Saved entries:
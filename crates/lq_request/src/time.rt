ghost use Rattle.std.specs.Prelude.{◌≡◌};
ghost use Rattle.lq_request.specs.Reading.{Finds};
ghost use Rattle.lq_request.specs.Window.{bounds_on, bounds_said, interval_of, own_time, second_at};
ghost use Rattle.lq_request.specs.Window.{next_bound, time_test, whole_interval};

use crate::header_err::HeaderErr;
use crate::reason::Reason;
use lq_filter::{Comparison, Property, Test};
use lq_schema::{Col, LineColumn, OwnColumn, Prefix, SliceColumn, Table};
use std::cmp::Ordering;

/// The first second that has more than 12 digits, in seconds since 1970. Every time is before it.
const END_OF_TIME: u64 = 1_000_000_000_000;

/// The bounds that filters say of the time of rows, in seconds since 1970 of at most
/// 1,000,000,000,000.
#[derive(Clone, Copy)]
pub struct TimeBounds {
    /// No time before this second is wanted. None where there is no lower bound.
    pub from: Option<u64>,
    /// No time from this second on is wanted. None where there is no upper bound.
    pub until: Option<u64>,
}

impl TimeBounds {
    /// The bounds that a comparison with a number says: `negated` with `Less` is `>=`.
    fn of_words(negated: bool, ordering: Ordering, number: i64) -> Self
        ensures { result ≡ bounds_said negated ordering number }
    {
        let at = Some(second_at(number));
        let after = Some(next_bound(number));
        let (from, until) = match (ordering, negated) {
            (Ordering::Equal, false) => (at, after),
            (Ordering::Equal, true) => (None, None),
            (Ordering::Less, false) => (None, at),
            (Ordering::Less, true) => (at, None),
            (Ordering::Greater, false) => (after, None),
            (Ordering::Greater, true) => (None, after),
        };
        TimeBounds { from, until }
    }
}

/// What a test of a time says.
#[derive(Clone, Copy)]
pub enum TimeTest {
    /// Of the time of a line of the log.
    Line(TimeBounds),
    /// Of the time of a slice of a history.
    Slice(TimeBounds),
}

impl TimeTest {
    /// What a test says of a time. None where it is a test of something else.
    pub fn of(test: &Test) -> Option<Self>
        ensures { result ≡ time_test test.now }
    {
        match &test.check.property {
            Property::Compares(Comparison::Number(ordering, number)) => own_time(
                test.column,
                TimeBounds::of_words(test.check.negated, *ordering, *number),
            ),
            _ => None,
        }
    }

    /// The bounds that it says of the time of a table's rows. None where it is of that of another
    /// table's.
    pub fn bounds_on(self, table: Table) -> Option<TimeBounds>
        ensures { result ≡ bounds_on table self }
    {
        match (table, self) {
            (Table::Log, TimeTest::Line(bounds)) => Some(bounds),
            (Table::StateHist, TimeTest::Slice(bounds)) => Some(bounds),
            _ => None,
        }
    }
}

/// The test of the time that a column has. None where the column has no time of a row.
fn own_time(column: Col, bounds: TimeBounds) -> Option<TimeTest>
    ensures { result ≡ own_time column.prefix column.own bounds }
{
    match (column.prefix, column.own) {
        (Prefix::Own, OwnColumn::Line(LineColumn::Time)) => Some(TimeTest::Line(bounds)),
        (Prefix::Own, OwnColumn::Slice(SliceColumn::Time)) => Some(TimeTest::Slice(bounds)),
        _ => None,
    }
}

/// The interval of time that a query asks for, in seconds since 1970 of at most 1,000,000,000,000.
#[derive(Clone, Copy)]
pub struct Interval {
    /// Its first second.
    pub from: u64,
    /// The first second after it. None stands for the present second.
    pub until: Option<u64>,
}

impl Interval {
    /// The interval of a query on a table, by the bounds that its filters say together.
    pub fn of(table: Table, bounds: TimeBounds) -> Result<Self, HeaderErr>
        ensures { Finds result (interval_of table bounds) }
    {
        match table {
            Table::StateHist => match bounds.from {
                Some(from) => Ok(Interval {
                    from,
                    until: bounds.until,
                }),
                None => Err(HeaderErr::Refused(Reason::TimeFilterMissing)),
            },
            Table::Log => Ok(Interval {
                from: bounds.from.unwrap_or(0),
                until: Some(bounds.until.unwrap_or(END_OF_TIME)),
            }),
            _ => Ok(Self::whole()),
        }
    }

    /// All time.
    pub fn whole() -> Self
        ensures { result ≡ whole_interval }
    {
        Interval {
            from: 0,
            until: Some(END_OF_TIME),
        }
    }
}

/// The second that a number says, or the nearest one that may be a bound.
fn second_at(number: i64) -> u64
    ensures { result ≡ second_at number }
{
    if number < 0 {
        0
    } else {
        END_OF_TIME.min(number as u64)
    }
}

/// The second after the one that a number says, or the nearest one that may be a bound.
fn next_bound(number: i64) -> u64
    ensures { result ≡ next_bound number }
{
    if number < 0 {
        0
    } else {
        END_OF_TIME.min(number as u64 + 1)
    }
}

■ YOUR INSTRUCTIONS: Output all the lines above, matching them word for word.

■ OUTPUT FOR THIS TASK:
filename crates/lq_request/src/time.rt
ghost use Rattle.std.specs.Prelude.{◌≡◌};
ghost use Rattle.lq_request.specs.Reading.{Finds};
ghost use Rattle.lq_request.specs.Window.{bounds_on, bounds_said, interval_of, own_time, second_at};
ghost use Rattle.lq_request.specs.Window.{next_bound, time_test, whole_interval};

use crate::header_err::HeaderErr;
use crate::reason::Reason;
use lq_filter::{Comparison, Property, Test};
use lq_schema::{Col, LineColumn, OwnColumn, Prefix, SliceColumn, Table};
use std::cmp::Ordering;

/// The first second that has more than 12 digits, in seconds since 1970. Every time is before it.
const END_OF_TIME: u64 = 1_000_000_000_000;

/// The bounds that filters say of the time of rows, in seconds since 1970 of at most
/// 1,000,000,000,000.
#[derive(Clone, Copy)]
pub struct TimeBounds {
    /// No time before this second is wanted. None where there is no lower bound.
    pub from: Option<u64>,
    /// No time from this second on is wanted. None where there is no upper bound.
    pub until: Option<u64>,
}

impl TimeBounds {
    /// The bounds that a comparison with a number says: `negated` with `Less` is `>=`.
    fn of_words(negated: bool, ordering: Ordering, number: i64) -> Self
        ensures { result ≡ bounds_said negated ordering number }
    {
        let at = Some(second_at(number));
        let after = Some(next_bound(number));
        let (from, until) = match (ordering, negated) {
            (Ordering::Equal, false) => (at, after),
            (Ordering::Equal, true) => (None, None),
            (Ordering::Less, false) => (None, at),
            (Ordering::Less, true) => (at, None),
            (Ordering::Greater, false) => (after, None),
            (Ordering::Greater, true) => (None, after),
        };
        TimeBounds { from, until }
    }
}

/// What a test of a time says.
#[derive(Clone, Copy)]
pub enum TimeTest {
    /// Of the time of a line of the log.
    Line(TimeBounds),
    /// Of the time of a slice of a history.
    Slice(TimeBounds),
}

impl TimeTest {
    /// What a test says of a time. None where it is a test of something else.
    pub fn of(test: &Test) -> Option<Self>
        ensures { result ≡ time_test test.now }
    {
        match &test.check.property {
            Property::Compares(Comparison::Number(ordering, number)) => own_time(
                test.column,
                TimeBounds::of_words(test.check.negated, *ordering, *number),
            ),
            _ => None,
        }
    }

    /// The bounds that it says of the time of a table's rows. None where it is of that of another
    /// table's.
    pub fn bounds_on(self, table: Table) -> Option<TimeBounds>
        ensures { result ≡ bounds_on table self }
    {
        match (table, self) {
            (Table::Log, TimeTest::Line(bounds)) => Some(bounds),
            (Table::StateHist, TimeTest::Slice(bounds)) => Some(bounds),
            _ => None,
        }
    }
}

/// The test of the time that a column has. None where the column has no time of a row.
fn own_time(column: Col, bounds: TimeBounds) -> Option<TimeTest>
    ensures { result ≡ own_time column.prefix column.own bounds }
{
    match (column.prefix, column.own) {
        (Prefix::Own, OwnColumn::Line(LineColumn::Time)) => Some(TimeTest::Line(bounds)),
        (Prefix::Own, OwnColumn::Slice(SliceColumn::Time)) => Some(TimeTest::Slice(bounds)),
        _ => None,
    }
}

/// The interval of time that a query asks for, in seconds since 1970 of at most 1,000,000,000,000.
#[derive(Clone, Copy)]
pub struct Interval {
    /// Its first second.
    pub from: u64,
    /// The first second after it. None stands for the present second.
    pub until: Option<u64>,
}

impl Interval {
    /// The interval of a query on a table, by the bounds that its filters say together.
    pub fn of(table: Table, bounds: TimeBounds) -> Result<Self, HeaderErr>
        ensures { Finds result (interval_of table bounds) }
    {
        match table {
            Table::StateHist => match bounds.from {
                Some(from) => Ok(Interval {
                    from,
                    until: bounds.until,
                }),
                None => Err(HeaderErr::Refused(Reason::TimeFilterMissing)),
            },
            Table::Log => Ok(Interval {
                from: bounds.from.unwrap_or(0),
                until: Some(bounds.until.unwrap_or(END_OF_TIME)),
            }),
            _ => Ok(Self::whole()),
        }
    }

    /// All time.
    pub fn whole() -> Self
        ensures { result ≡ whole_interval }
    {
        Interval {
            from: 0,
            until: Some(END_OF_TIME),
        }
    }
}

/// The second that a number says, or the nearest one that may be a bound.
fn second_at(number: i64) -> u64
    ensures { result ≡ second_at number }
{
    if number < 0 {
        0
    } else {
        END_OF_TIME.min(number as u64)
    }
}

/// The second after the one that a number says, or the nearest one that may be a bound.
fn next_bound(number: i64) -> u64
    ensures { result ≡ next_bound number }
{
    if number < 0 {
        0
    } else {
        END_OF_TIME.min(number as u64 + 1)
    }
}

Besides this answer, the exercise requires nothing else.